A presidente da Comissão para a Igualdade no Trabalho e no Emprego (CITE) denunciou hoje o aumento do fosso salarial entre homens e mulheres pela primeira vez em nove anos, sobretudo nos quadros superiores.

“Pela primeira vez, num ciclo de nove anos, nós vimos aumentar o ‘gap’ [fosso] salarial de 13,1% para 13,2% se considerarmos o salário base, e de 15,9% para 16% se considerarmos o ganho [salário liquido] e isto deve preocupar-nos”, disse Carla Tavares, que esteve hoje na subcomissão parlamentar para a Igualdade e Não Discriminação.

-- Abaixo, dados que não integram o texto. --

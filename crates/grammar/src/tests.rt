// Labels of arcs by their positions, first numbers by kind, kinds by number and as numbers, and copies of directions.
use super::{Attribute, AttributeKind, Directions, SymbolKind, arc_label, unnumbered};
use plans::Direction;
use refusal::Unlisted;

#[test]
fn labels_at_one_position(rt: HostRuntime) {
    assert_eq!(rt; arc_label(0, 0), 1);
    assert_eq!(rt; arc_label(1, 1), 7);
    assert_eq!(rt; arc_label(2, 2), 7);
}

#[test]
fn labels_between_positions(rt: HostRuntime) {
    assert_eq!(rt; arc_label(1, 2), 5);
    assert_eq!(rt; arc_label(2, 1), 3);
    assert_eq!(rt; arc_label(7, 8), 5);
    assert_eq!(rt; arc_label(8, 1), 3);
}

#[test]
fn labels_at_the_left_side(rt: HostRuntime) {
    assert_eq!(rt; arc_label(0, 1), 1);
    assert_eq!(rt; arc_label(0, 8), 1);
    assert_eq!(rt; arc_label(1, 0), 1);
    assert_eq!(rt; arc_label(8, 0), 1);
}

#[test]
fn first_numbers(rt: HostRuntime) {
    let inherited = Attribute {
        symbol: 1,
        kind: AttributeKind::Inherited,
    };
    let given = Attribute {
        symbol: 2,
        kind: AttributeKind::Given,
    };
    let synthesized = Attribute {
        symbol: 3,
        kind: AttributeKind::Synthesized,
    };
    let numbers = unnumbered(&[inherited, given, synthesized, given]);
    assert_eq!(rt; numbers[0], 255);
    assert_eq!(rt; numbers[1], 0);
    assert_eq!(rt; numbers[2], 255);
    assert_eq!(rt; numbers[3], 0);
    assert_eq!(rt; numbers[4], 255);
    assert_eq!(rt; numbers[63], 255);
}

#[test]
fn no_numbers(rt: HostRuntime) {
    let numbers = unnumbered(&[]);
    assert_eq!(rt; numbers[0], 255);
    assert_eq!(rt; numbers[63], 255);
}

#[test]
fn numbers_of_many(rt: HostRuntime) {
    let given = Attribute {
        symbol: 2,
        kind: AttributeKind::Given,
    };
    let attributes = [given; 70];
    let numbers = unnumbered(&attributes);
    assert_eq!(rt; numbers[0], 0);
    assert_eq!(rt; numbers[63], 0);
}

#[test]
fn kinds_by_number(rt: HostRuntime) {
    assert_eq!(rt; SymbolKind::try_from(1), Ok(SymbolKind::Inner));
    assert_eq!(rt; SymbolKind::try_from(3), Err(Unlisted(3)));
    assert_eq!(rt; AttributeKind::try_from(3), Ok(AttributeKind::Given));
    assert_eq!(rt; AttributeKind::try_from(0), Err(Unlisted(0)));
}

#[test]
fn kinds_as_numbers(rt: HostRuntime) {
    assert_eq!(rt; SymbolKind::Inner as u16, 0);
    assert_eq!(rt; SymbolKind::Terminal as u16, 1);
    assert_eq!(rt; AttributeKind::Inherited as u16, 0);
    assert_eq!(rt; AttributeKind::Synthesized as u16, 1);
    assert_eq!(rt; AttributeKind::Given as u16, 2);
}

#[test]
fn directions_are_copied(rt: HostRuntime) {
    let mut directions = Directions::new();
    directions.push(Direction::Right);
    let copy = directions;
    directions.push(Direction::Left);
    assert_eq!(rt; copy.as_slice().len(), 1);
    assert_eq!(rt; directions.as_slice().len(), 2);
}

A presidente da CITE, que esteve a ser ouvida por quatro dos doze deputados efetivos da subcomissão, admitiu que o aumento pode parecer reduzido, mas apontou que é preciso desconstruir os números, tendo em conta que “o maior aumento desta desigualdade é precisamente nos quadros superiores”, por oposição aos quadros inferiores ou médios, entre os quais a “desigualdade não é tão elevada”.

“Nos quadros superiores e nas profissões mais qualificadas há um aumento bastante significativo do ‘gap’ salarial entre mulheres e homens e isto é algo que deve merecer a nossa reflexão e percebermos o que pode ser feito para melhorarmos esta realidade”, defendeu Carla Tavares.

A responsável referiu, a propósito, que a CITE tem prevista uma campanha para 2025 sobre partilha de tarefas domésticas e trabalho familiar, sublinhando que “é aí que está a base de todas as desigualdades”.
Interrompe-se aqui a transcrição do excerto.